Choosing a Routing Algorithm
The routing algorithm controls how SWAP gates get inserted when two-qubit gates land on non-adjacent qubits. Pass one by name with the pathfinder parameter. The default is "bfs", matching pre-v1.1 behavior.
# BFS (default): pairwise shortest path
transpiled = transpile(qc, backend="IBM", pathfinder="bfs")
# A*: pairwise shortest path with an admissible heuristic
transpiled = transpile(qc, backend="IBM", pathfinder="a_star")
# SABRE: whole-circuit swap selection with front-layer lookahead
transpiled = transpile(qc, backend="IBM", pathfinder="sabre")The parameter kept its original name for backwards compatibility. It still accepts a custom pairwise callable of the form (start: int, end: int) -> list[int], just like before. See the Routing Algorithms page for the details of each built-in algorithm and the custom-callable contract.
Running the Optimization Loop
Cancel Adjacent and Merge Rotations are wrapped in an optimization loop that can run them more than once. Use optimization_iterations to control how many times. The default is 1, matching pre-v1.1 behavior.
# Default: a single optimization pass
transpiled = transpile(qc, backend="IBM")
# Fixed number of iterations
transpiled = transpile(qc, backend="IBM", optimization_iterations=5)

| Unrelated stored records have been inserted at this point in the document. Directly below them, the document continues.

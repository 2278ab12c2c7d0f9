ghost use Rattle.std.specs.Prelude.{IfOk};
ghost use Rattle.circuit_spec.specs.Faults.{IsSound};

use crate::k_solve;
use circuit_spec::Request;
use finder_core::SolveFault;
use k_answers::KAnswer;
use layer_check::check;
use ml_base::{Id, KEnd, Wish};
use nml_elements::{DomainList, read_domain};
use nml_inventory::{Inventory, merge};
use std::alloc::Global;
use std::test::Fail;

/// A link from a to b of cost 3, and one of cost 2.
const TWO: &str =
    "{\"elements\":[{\"id\":\"a\",\"isSource\":[\"l1\",\"l2\"],\"type\":\"Port\"},{\"id\":\"b\",\"isSink\":[\"l1\",\"l2\"],\"type\":\"Port\"},{\"cost\":3,\"id\":\"l1\",\"type\":\"Link\"},{\"cost\":2,\"id\":\"l2\",\"type\":\"Link\"}],\"format\":1,\"topology\":\"d\"}";

/// Links from a to b, back, and on to c, of no cost.
const ZERO: &str =
    "{\"elements\":[{\"id\":\"a\",\"isSink\":[\"l2\"],\"isSource\":[\"l1\"],\"type\":\"Port\"},{\"id\":\"b\",\"isSink\":[\"l1\"],\"isSource\":[\"l2\",\"l3\"],\"type\":\"Port\"},{\"id\":\"c\",\"isSink\":[\"l3\"],\"type\":\"Port\"},{\"cost\":0,\"id\":\"l1\",\"type\":\"Link\"},{\"cost\":0,\"id\":\"l2\",\"type\":\"Link\"},{\"cost\":0,\"id\":\"l3\",\"type\":\"Link\"}],\"format\":1,\"topology\":\"d\"}";

/// A link from a to b of cost 2^64 - 1, and one from there to c of cost 1.
const BIG: &str =
    "{\"elements\":[{\"id\":\"a\",\"isSource\":[\"l1\"],\"type\":\"Port\"},{\"id\":\"b\",\"isSink\":[\"l1\"],\"isSource\":[\"l2\"],\"type\":\"Port\"},{\"id\":\"c\",\"isSink\":[\"l2\"],\"type\":\"Port\"},{\"cost\":18446744073709551615,\"id\":\"l1\",\"type\":\"Link\"},{\"id\":\"l2\",\"type\":\"Link\"}],\"format\":1,\"topology\":\"d\"}";

/// A sound topology of one file.
fn inventory_of(alloc: Global, text: &str) -> Result<Inventory, Fail>
    ensures { IfOk result IsSound }
{
    let mut domains = DomainList::new(alloc);
    domains.push(read_domain(alloc, text.as_bytes())?)?;
    let inventory = merge(alloc, domains)?;
    check(&inventory)?;
    Ok(inventory)
}

/// A request from a port to a port, with any labels.
fn request_of(alloc: Global, from: &str, to: &str) -> Result<Request, Fail> {
    Ok(Request {
        from: Id::new(alloc, from)?,
        from_wish: Wish::Any,
        to: Id::new(alloc, to)?,
        to_wish: Wish::Any,
    })
}

/// The links of each walk.
fn links_of(alloc: Global, answer: &KAnswer) -> Result<String, Fail> {
    let mut text = String::new(alloc);
    for walk in answer.walks.as_slice() {
        for hop in walk.hops.as_slice() {
            text.push_str(hop.element.text())?;
            text.push_str(" ")?;
        }
        text.push_str(";")?;
    }
    Ok(text)
}

/// Whether the port q is refused.
fn refuses_q(alloc: Global, inventory: &Inventory) -> Result<bool, Fail>
    requires { IsSound inventory.now }
{
    let request = request_of(alloc, "a", "q")?;
    match k_solve(alloc, inventory, &request, 1) {
        Err(SolveFault::UnknownPort { id }) => Ok(id.text() == "q"),
        _ => Ok(false),
    }
}

#[test]
fn walks_of_requests(rt: HostRuntime) -> Result<(), Fail> {
    let alloc = rt.alloc();
    for (text, to, k, links, end) in [
        (TWO, "b", 3, "l2 ;l1 ;", KEnd::NoMore),
        (ZERO, "c", 2, "l1 l3 ;l1 l2 l1 l3 ;", KEnd::Enough),
        (BIG, "c", 2, "", KEnd::Past),
    ] {
        let inventory = inventory_of(alloc, text)?;
        let request = request_of(alloc, "a", to)?;
        let answer = k_solve(alloc, &inventory, &request, k)?;
        assert_eq!(rt; links_of(alloc, &answer)?.as_str(), links);
        assert_eq!(rt; answer.end, end);
        assert!(rt; refuses_q(alloc, &inventory)?);
    }
    Ok(())
}
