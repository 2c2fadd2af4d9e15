//! The rates at which bonds earn interest.

use ee_units::{IssueMonth, Rate};

/// The half-years up to original maturity, at 20 years.
pub const ORIGINAL_MATURITY: u16 = 40;

/// The terms of a bond: an annual rate for its first 20 years, and one for the 10 years of extended
/// maturity.
#[derive(Clone, Copy, Debug, PartialEq, Eq, PartialOrd, Ord)]
pub struct Rates {
    /// The annual rate to original maturity.
    pub fixed: Rate,
    /// The annual rate from original to final maturity.
    pub extension: Rate,
}

impl Rates {
    ghost use Rattle.std.specs.Prelude.{◌≡◌};
    ghost use Rattle.ee_value.specs.Chain.{InRange, rate_in, rates_with, named_extension};

    /// The terms of a fixed rate and an extension. Without an extension the rate doesn't change.
    pub const fn new(fixed: Rate, extension: Option<Rate>) -> Rates
        ensures { result ≡ rates_with fixed extension }
    {
        match extension {
            Some(extension) => Rates { fixed, extension },
            None => Rates {
                fixed,
                extension: fixed,
            },
        }
    }

    /// The extension, if it differs from the fixed rate.
    #[tactic(auto, unfolding(crate::specs::Chain::named_extension))]
    pub fn named_extension(&self) -> Option<Rate>
        ensures { result ≡ named_extension self.now }
    {
        if self.extension == self.fixed {
            None
        } else {
            Some(self.extension)
        }
    }

    /// The rate in force in a half-year since issue: the fixed rate to original maturity, then the
    /// extension.
    #[tactic(auto, unfolding(crate::specs::Chain::rate_in))]
    pub fn rate_in(&self, half_year: u16) -> Rate
        ensures value { result ≡ rate_in self.now half_year }
        ensures range { InRange self.now }
    {
        let fixed = self.fixed.hundredths();
        let extension = self.extension.hundredths();
        Rate::from_hundredths(if half_year < ORIGINAL_MATURITY {
            fixed
        } else {
            extension
        })
    }
}

/// The rate of the bonds issued in the six months from a May or November on.
#[derive(Clone, Copy, Debug, PartialEq, Eq)]
pub struct RateRow {
    /// The May or November.
    pub from: IssueMonth,
    pub rates: Rates,
}
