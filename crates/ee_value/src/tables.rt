//! Tables of unit values by age.

ghost use Rattle.std.specs.Prelude.{◌≡◌, ℕ, ◌+◌, ◌*◌, ◌<◌, ◌≤◌, map, false, MatchResult, None};
ghost use Rattle.std.specs.List.{range_with_len};
ghost use Rattle.ee_roots.specs.Roots.{IsLow, IsHigh};
ghost use Rattle.ee_value.specs.Chain.{rate_in, start, highest_unit};
ghost use Rattle.ee_value.specs.Value.{accrued};
ghost use Rattle.ee_value.specs.Open.{is_open, NeverOpen, first_open};
ghost use Rattle.ee_value.specs.Fault.{IsFaultOf, IsFaultAt};
ghost use Rattle.ee_units.specs.Limits.{unit_price};

use crate::accrual::FINAL_MATURITY;
use crate::faults::ValueFault;
use crate::growth::grown_unit;
use crate::halves::{PRICE, next_start};
use crate::powers::Powers;
use crate::rates::{ORIGINAL_MATURITY, Rates};
use ee_roots::root_bounds;
use ee_units::{Age, Bits};
use std::alloc::Global;
use std::marker::Model;

/// The half-years up to final maturity, at 30 years.
const FINAL_HALF_YEAR: u16 = 60;

/// The accrued unit values at some rates, for ages 0 to 360. Only `unit_table` makes one.
#[derive(Drop)]
pub struct UnitTable {
    rates: Rates,
    units: Vec<u64>,
}

impl Model for UnitTable {
    ghost use Rattle.std.specs.Prelude.{◌≡◌, map};
    ghost use Rattle.std.specs.List.{range_with_len};
    ghost use Rattle.ee_value.specs.Chain.{InRange};
    ghost use Rattle.ee_value.specs.Value.{accrued};
    ghost use Rattle.ee_value.specs.declared.rates.Rates.{Rates};

    ghost Value = { Rates };

    ghost view = { λ t. t.rates };

    ghost invariant = { λ t. (t.units.items ≡ map (accrued t.rates) (range_with_len 0 361)) × InRange t.rates };
}

impl UnitTable {
    /// The accrued value of one unit at an age, in cents. Above an age of 360 months it is the value at 360.
    pub fn at(&self, age: Age) -> u64
        ensures value { result ≡ accrued self.now age }
        ensures at_least_price { unit_price ≤ result }
        ensures small { result ≤ highest_unit }
    {
        self.units[usize::from(age.months().min(FINAL_MATURITY))]
    }
}

/// The bounds of the growth after 20 years. They are computed again only if the rate changes.
fn powers_after(before: Powers, rates: &Rates) -> Powers
    requires of_low { IsLow before.bits (rate_in rates.now 0) before.low }
    requires of_high { IsHigh before.bits (rate_in rates.now 0) before.high }
    ensures bits { result.bits ≡ before.bits }
    ensures low { IsLow before.bits (rate_in rates.now 40) result.low }
    ensures high { IsHigh before.bits (rate_in rates.now 40) result.high }
{
    if rates.extension == rates.fixed {
        before
    } else {
        Powers::of(root_bounds(rates.rate_in(ORIGINAL_MATURITY), before.bits()))
    }
}

/// Appends the values at the six months of a half-year.
fn push_half_year(
    units: &mut Vec<u64>,
    unit: u64,
    half_year: u16,
    rates: &Rates,
    powers: &Powers,
) -> Result<(), ValueFault>
    requires early { half_year < 60 }
    requires begun { unit ≡ start rates.now half_year }
    requires filled { units.old.items ≡ map (accrued rates.now) (range_with_len 0 (6 * half_year)) }
    requires settled { (a : ℕ) → a < 6 * half_year → is_open rates.now a powers.now.bits ≡ false }
    requires of_low { IsLow powers.now.bits (rate_in rates.now half_year) powers.now.low }
    requires of_high { IsHigh powers.now.bits (rate_in rates.now half_year) powers.now.high }
    ensures { MatchResult result
        (λ _. (units.new.items ≡ map (accrued rates.now) (range_with_len 0 (6 * (half_year + 1))))
        × ((a : ℕ) → a < 6 * (half_year + 1) → is_open rates.now a powers.now.bits ≡ false))
        (IsFaultOf rates.now powers.now.bits) }
{
    let rate = rates.rate_in(half_year);
    for months in 0..6 {
        match grown_unit(unit, rate, months, powers) {
            Some(value) => units.push(value)?,
            None => {
                let age = Age::from_months(6 * half_year + u16::from(months));
                return Err(ValueFault::Unsettled { age });
            }
        }
    }
    Ok(())
}

/// Appends the values at the months of some half-years with one rate in force, and returns the unit's
/// value at their end.
fn push_half_years(
    units: &mut Vec<u64>,
    begun: u64,
    from: u16,
    to: u16,
    rates: &Rates,
    powers: &Powers,
) -> Result<u64, ValueFault>
    requires order { from ≤ to }
    requires early { to ≤ 60 }
    requires begun { begun ≡ start rates.now from }
    requires filled { units.old.items ≡ map (accrued rates.now) (range_with_len 0 (6 * from)) }
    requires settled { (a : ℕ) → a < 6 * from → is_open rates.now a powers.now.bits ≡ false }
    requires of_low { (k : ℕ) → from ≤ k → k < to → IsLow powers.now.bits (rate_in rates.now k) powers.now.low }
    requires of_high { (k : ℕ) → from ≤ k → k < to → IsHigh powers.now.bits (rate_in rates.now k) powers.now.high }
    ensures { MatchResult result
        (λ unit. (unit ≡ start rates.now to)
        × (units.new.items ≡ map (accrued rates.now) (range_with_len 0 (6 * to)))
        × ((a : ℕ) → a < 6 * to → is_open rates.now a powers.now.bits ≡ false))
        (IsFaultOf rates.now powers.now.bits) }
{
    let mut unit = begun;
    for half_year in from..to {
        push_half_year(units, unit, half_year, rates, powers)?;
        unit = next_start(unit, half_year, rates);
    }
    Ok(unit)
}

/// The unit values at these rates, for each age from 0 to 360. If the precision doesn't settle all of
/// them, the fault names the least age at which it doesn't. Allocates once, for 361 values.
#[tactic(auto, using(crate::proofs::FirstOpen::fault_at))]
pub fn unit_table(alloc: Global, rates: Rates, bits: Bits) -> Result<UnitTable, ValueFault>
    ensures value { MatchResult result
        (λ table. NeverOpen rates bits × (table ≡ rates))
        (IsFaultOf rates bits) }
    ensures first_open { MatchResult result
        (λ _. first_open rates bits ≡ None)
        (IsFaultAt (first_open rates bits)) }
{
    let fixed = Powers::of(root_bounds(rates.rate_in(0), bits));
    let mut units = Vec::with_capacity(alloc, 361)?;
    let unit = push_half_years(&mut units, PRICE, 0, ORIGINAL_MATURITY, &rates, &fixed)?;
    let extension = powers_after(fixed, &rates);
    let unit = push_half_years(
        &mut units,
        unit,
        ORIGINAL_MATURITY,
        FINAL_HALF_YEAR,
        &rates,
        &extension,
    )?;
    units.push(unit)?;
    Ok(UnitTable { rates, units })
}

# Iterate until gate count stabilizes (capped by max_iterations, default 1000)
transpiled = transpile(qc, backend="IBM", optimization_iterations=-1)Convergence mode (-1) keeps iterating until the gate count stops decreasing. It is capped at max_iterations (default 1000) to prevent runaway loops on circuits that do not converge cleanly.
Debug Mode
Pass debug_on=True to print per-pass gate counts as the circuit moves through the pipeline. Useful for understanding where gates are being added or removed.
transpiled = transpile(qc, backend="IBM", debug_on=True)[Tessera] Running pass: BasisTranslationPass | Gates: 6
[Tessera] Finished pass: BasisTranslationPass | Gates: 14
[Tessera] Running pass: LayoutPass | Gates: 14
[Tessera] Finished pass: LayoutPass | Gates: 14
[Tessera] Running pass: BasicSwapRouter | Gates: 14
[Tessera] Finished pass: BasicSwapRouter | Gates: 14
[Tessera] Running pass: BasisTranslationPass | Gates: 14
[Tessera] Finished pass: BasisTranslationPass | Gates: 14
[Tessera] Running pass: RemoveBarriersPass | Gates: 14
[Tessera] Finished pass: RemoveBarriersPass | Gates: 14
[Tessera] Running pass: OptimizationLoopPass | Gates: 14
[Tessera] Running pass: CancelAdjacentPass | Gates: 14
[Tessera] Finished pass: CancelAdjacentPass | Gates: 13
[Tessera] Running pass: MergeRotationsPass | Gates: 13
[Tessera] Finished pass: MergeRotationsPass | Gates: 12
[Tessera] Finished pass: OptimizationLoopPass | Gates: 12The optimization loop wraps its inner passes, so you'll see them logged between the loop's start and finish markers. Each iteration of the loop prints another set of inner-pass logs.